3 reasons to reface cabinets and save your sanity

by Iris Price
Face Your Kitchen Columnist

Along with appliances, buying new kitchen cabinets can be a major remodeling expense. If you're like most people, your appetite for a new kitchen remodel can often be bigger than your budget -- or your needs. When it comes to deciding on whether to buy new cabinets or just reface the ones you have, however, budget might not be the deal-breaker. Refacing can cost more than purchasing and installing new cabinets, depending on what kind of cabinets you want to buy versus what kind of refacing you choose.

If you were thinking you can automatically save money by refacing, does that surprise you?
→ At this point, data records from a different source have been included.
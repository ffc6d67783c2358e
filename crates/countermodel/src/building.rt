//! The interpretation that a closure lists, as a value.
ghost use Rattle.exactness.specs.ListedInterpretation.{IsConsistent};
ghost use Rattle.countermodel.specs.Values.{IsBuilt};
ghost use Rattle.interpretation_spec.specs.NumberedInterpretation.{IsMadeFor};
ghost use Rattle.std.specs.Prelude.{IfOk};

use crate::interpretation::listed;
use axioms::Memory;
use cert_check::interpretation_of;
use engine::Closed;
use interpretation_spec::Interpretation;

/// The interpretation that the closure of a consistent ontology lists: an element for each context without `owl:Nothing`, and one for
/// all individuals that are one, in exactly the named classes that are facts of it, and in an expression that is asked about exactly
/// where that is in its context. It satisfies every axiom as it was written.
///
/// # Errors
///
/// `Memory` where memory was refused.
pub fn build(closed: &Closed<'_>) -> Result<Interpretation, Memory>
    requires consistent { IsConsistent closed.now.ontology closed.now.saturation.normal.asked }
    ensures made { IfOk result (IsMadeFor closed.now.ontology.names) }
    ensures built { IfOk result (IsBuilt closed.now.ontology closed.now.saturation.normal.asked) }
{
    let ontology = closed.ontology();
    let alloc = closed.allocator();
    closed.well_formed();
    let members = listed(closed)?;
    let interpretation = interpretation_of(alloc, ontology, &members)?;
    interpretation.well_formed();
    Ok(interpretation)
}
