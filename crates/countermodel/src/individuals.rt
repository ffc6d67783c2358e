//! The elements of individuals.
ghost use Rattle.countermodel.specs.Leading.{AreGroupsOf};
ghost use Rattle.countermodel.specs.MemberRows.{AreIndividualElements, HaveIndividuals};
ghost use Rattle.std.specs.Prelude.{IfOk, List, ℕ};

use crate::elements::Elements;
use axioms::{IndId, Memory, Ontology};
use facts::Context;
use indexes::Groups;
use std::alloc::Global;

/// The element of each individual, by the individual's number: that of the least of its group.
pub(crate) fn individual_elements(
    alloc: Global,
    ontology: &Ontology,
    groups: &Groups,
    elements: &Elements,
) -> Result<Vec<u32>, Memory>
    requires groups { (asked : List ℕ) × AreGroupsOf ontology.now asked groups.now }
    requires there { HaveIndividuals ontology.now elements.now }
    ensures { IfOk result (λ v. AreIndividualElements ontology.now elements.now v.items) }
{
    ontology.bounded();
    let mut numbers = Vec::new(alloc);
    for number in 0..ontology.individuals().len() {
        let least = groups.least(IndId(number as u32));
        let Some(element) = elements.element(Context::Individual(least)) else {
            unreachable!()
        };
        numbers.push(element)?;
    }
    Ok(numbers)
}
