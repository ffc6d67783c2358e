//! The text of the interpretation that a closure lists.
ghost use Rattle.exactness.specs.ListedInterpretation.{IsConsistent};
ghost use Rattle.countermodel.specs.WholeText.{IsTextWithListed};
ghost use Rattle.std.specs.Prelude.{IfOk};

use crate::claims::own_claims;
use crate::class_rows::add_class_rows;
use crate::elements::Elements;
use crate::groups::groups_of;
use crate::individuals::individual_elements;
use crate::rows::add_pair_rows;
use axioms::Memory;
use certificate::FormatType;
use certificate_text::LineText;
use engine::Closed;

/// The text of the certificate of these lines and of the interpretation that the closure of a consistent ontology lists, with a claim
/// for each satisfiable class, in the format of the lines. It is written row by row, of which at most one is kept.
///
/// # Errors
///
/// `Memory` where memory was refused.
pub fn text_with_listed<F: FormatType>(
    closed: &Closed<'_>,
    lines: LineText<F>,
) -> Result<Vec<u8>, Memory>
    requires consistent { IsConsistent closed.now.ontology closed.now.saturation.normal.asked }
    ensures { IfOk result (λ v. IsTextWithListed closed.now.ontology closed.now.saturation.normal.asked F.format lines v.items) }
{
    let ontology = closed.ontology();
    let alloc = closed.allocator();
    closed.well_formed();
    ontology.bounded();
    let groups = groups_of(closed);
    let elements = Elements::by(closed, groups)?;
    let mut text = lines.with_domain(elements.len())?;
    let facts = closed.facts();
    add_class_rows(closed, &elements, facts, &mut text)?;
    add_pair_rows(closed, &elements, facts, &mut text)?;
    let individuals = individual_elements(alloc, ontology, groups, &elements)?;
    let claims = own_claims(alloc, ontology, &elements)?;
    text.end(&individuals, &claims)
}
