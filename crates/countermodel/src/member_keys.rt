//! Rows of classes where few facts put elements into them: by numbers for a class with an element, which are sorted.
ghost use Rattle.certificate.specs.View.{class_row_of};
ghost use Rattle.countermodel.specs.Members.{AddsMember, AreRowsBy, HasKey, SayMembers};
ghost use Rattle.exactness.specs.ListedInterpretation.{IsBefore};
ghost use Rattle.std.specs.Prelude.{◌≡◌, ◌++◌, ◌∷◌, ◌/◌, ◌%◌, ◌^◌, ◌<◌, [], AllPairs, IfOk, List, OnOk, map, ℕ};

use crate::class_rows::member;
use crate::elements::Elements;
use crate::keys::keys_in_order;
use axioms::{ExprId, Memory, Ontology};
use certificate::ClassRow;
use facts::StoredFact;
use std::alloc::Global;

/// The number of the class with the element: by these numbers they are in order, by the class and then by the element.
fn key_of(class: ExprId, element: u32) -> u64
    ensures class { result / 2 ^ 32 ≡ class.0 }
    ensures element { result % 2 ^ 32 ≡ element }
{
    class.0 as u64 * 0x1_0000_0000 + element as u64
}

/// The class with the element that has that number.
fn member_with(key: u64) -> (ExprId, u32)
    ensures class { result.0.0 ≡ key / 2 ^ 32 }
    ensures element { result.1 ≡ key % 2 ^ 32 }
{
    let class = ExprId((key / 0x1_0000_0000) as u32);
    (class, (key % 0x1_0000_0000) as u32)
}

/// The numbers of the classes with the elements that the facts put into them, in any order.
fn keys_of(
    alloc: Global,
    ontology: &Ontology,
    elements: &Elements,
    facts: &[StoredFact],
) -> Result<Vec<u64>, Memory>
    requires { AllPairs IsBefore elements.now }
    ensures { IfOk result (λ v. SayMembers ontology.now elements.now facts.now (HasKey v.items)) }
{
    let mut keys = Vec::new(alloc);
    for fact in facts {
        if let Some((class, element)) = member(ontology, elements, fact) {
            keys.push(key_of(class, element))?;
        }
    }
    Ok(keys)
}

/// Adds a row of the class with the element alone.
fn add_row(
    alloc: Global,
    rows: &mut Vec<ClassRow>,
    class: ExprId,
    element: u32,
) -> Result<(), Memory>
    ensures { OnOk result (map class_row_of rows.new.items ≡ map class_row_of rows.old.items ++ (class.0, element ∷ []) ∷ []) }
{
    let mut elements = Vec::new(alloc);
    elements.push(element)?;
    rows.push(ClassRow { class, elements })?;
    Ok(())
}

/// Adds the element to the last row, where that is of the class, and else a row of the class with it alone.
fn add_member(
    alloc: Global,
    rows: &mut Vec<ClassRow>,
    class: ExprId,
    element: u32,
) -> Result<(), Memory>
    ensures { OnOk result (AddsMember class.0 element (map class_row_of rows.old.items) (map class_row_of rows.new.items)) }
{
    let Some(mut row) = rows.pop() else {
        return add_row(alloc, rows, class, element);
    };
    if row.class == class {
        row.elements.push(element)?;
        rows.push(row)?;
        return Ok(());
    }
    rows.push(row)?;
    add_row(alloc, rows, class, element)
}

/// A row for each class of the numbers, which ascend.
fn rows_of(alloc: Global, keys: &[u64]) -> Result<Vec<ClassRow>, Memory>
    requires { AllPairs (λ x y. x < y) keys.now }
    ensures { IfOk result (λ v. AreRowsBy (HasKey keys.now) (map class_row_of v.items)) }
{
    let mut rows = Vec::new(alloc);
    for key in keys {
        let (class, element) = member_with(*key);
        add_member(alloc, &mut rows, class, element)?;
    }
    Ok(rows)
}

/// A row for each class that the facts put elements into, but for `owl:Thing` and `owl:Nothing`, in order.
pub(crate) fn rows_by_keys(
    alloc: Global,
    ontology: &Ontology,
    elements: &Elements,
    facts: &[StoredFact],
) -> Result<Vec<ClassRow>, Memory>
    requires { AllPairs IsBefore elements.now }
    ensures { IfOk result (λ v. (keys : List ℕ) × SayMembers ontology.now elements.now facts.now (HasKey keys) × AreRowsBy (HasKey keys) (map class_row_of v.items)) }
{
    let members = keys_of(alloc, ontology, elements, facts)?;
    let keys = keys_in_order(alloc, &members)?;
    rows_of(alloc, &keys)
}
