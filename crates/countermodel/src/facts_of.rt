//! The facts of contexts.
ghost use Rattle.countermodel.specs.Elements.{contexts_of};
ghost use Rattle.countermodel.specs.FactsOf.{AddsFacts, AreFactsOf};
ghost use Rattle.std.specs.Prelude.{◌<◌, All, IfOk, OnOk, length};

use axioms::Memory;
use engine::Indexed;
use facts::{Context, StoredFact};

/// Adds the facts of these numbers.
fn push_facts(
    facts: &mut Vec<StoredFact>,
    all: &[StoredFact],
    numbers: &[u32],
) -> Result<(), Memory>
    requires { All (λ n. n < length all.now) numbers.now }
    ensures { OnOk result (AddsFacts all.now numbers.now facts.old.items facts.new.items) }
{
    for number in numbers {
        facts.push(all[*number as usize].clone()?)?;
    }
    Ok(())
}

/// The facts that put a class into one of the contexts, and the edges from them.
pub(crate) fn facts_of(
    indexed: &Indexed<'_>,
    contexts: &[Context],
) -> Result<Vec<StoredFact>, Memory>
    ensures { IfOk result (λ facts. AreFactsOf (contexts_of contexts.now) indexed.now.saturation.state.facts facts.items) }
{
    let closed = indexed.closed();
    let alloc = closed.allocator();
    let all = closed.facts();
    let mut facts = Vec::new(alloc);
    for context in contexts {
        push_facts(&mut facts, all, indexed.classes_in(*context))?;
        push_facts(&mut facts, all, indexed.edges_from(*context))?;
    }
    Ok(facts)
}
Why would you reface instead of replace kitchen cabinets if refacing costs more? Here are a few reasons that make refacing an obvious choice.

3 reasons to reface instead of replace cabinets

  1. You're in a hurry. This is probably the best reason of all to reface. It's like the lunch-break face lift for your cabinet doors. Refacing by a professional generally takes just a few days to complete. It might take DIYers a little longer, and fixing mistakes while you "learn as you go" can cost a bit extra, but it's certainly within the scope of a handy person's skill set. Refacing can involve "the works" -- new doors and matching veneer facings -- or it can be as simple as adding some decorative moldings and refinishing everything with paint or new stain.
  2. You want less disruption. Refacing not only takes less time, you don't have the noise and dusty mess that ripping out all of your kitchen cabinets can cause. If someone in your family has allergies to dust, needs to study or work from home, or you can't find a convenient time of the year to have your kitchen offline for a while, refacing can be a lot less invasive than tearing out and installing new cabinetry.
  3. You want to keep your granite or other stone counters. Kitchen cabinet professionals advise refacing when you have countertops like granite or concrete that can be damaged or destroyed when the lower cabinets are removed. If you're married to your countertops for life -- or at least for as long as you plan to live in your home -- refacing is the way to go.

Refacing is best-suited for kitchen remodels that do not involve a new layout, but if you were nodding "yes" to any of the reasons above, it pretty much goes without saying that taking the old cabinets out and moving them around was probably not in your game plan, anyway. It isn't the money you want to save. It's your sanity.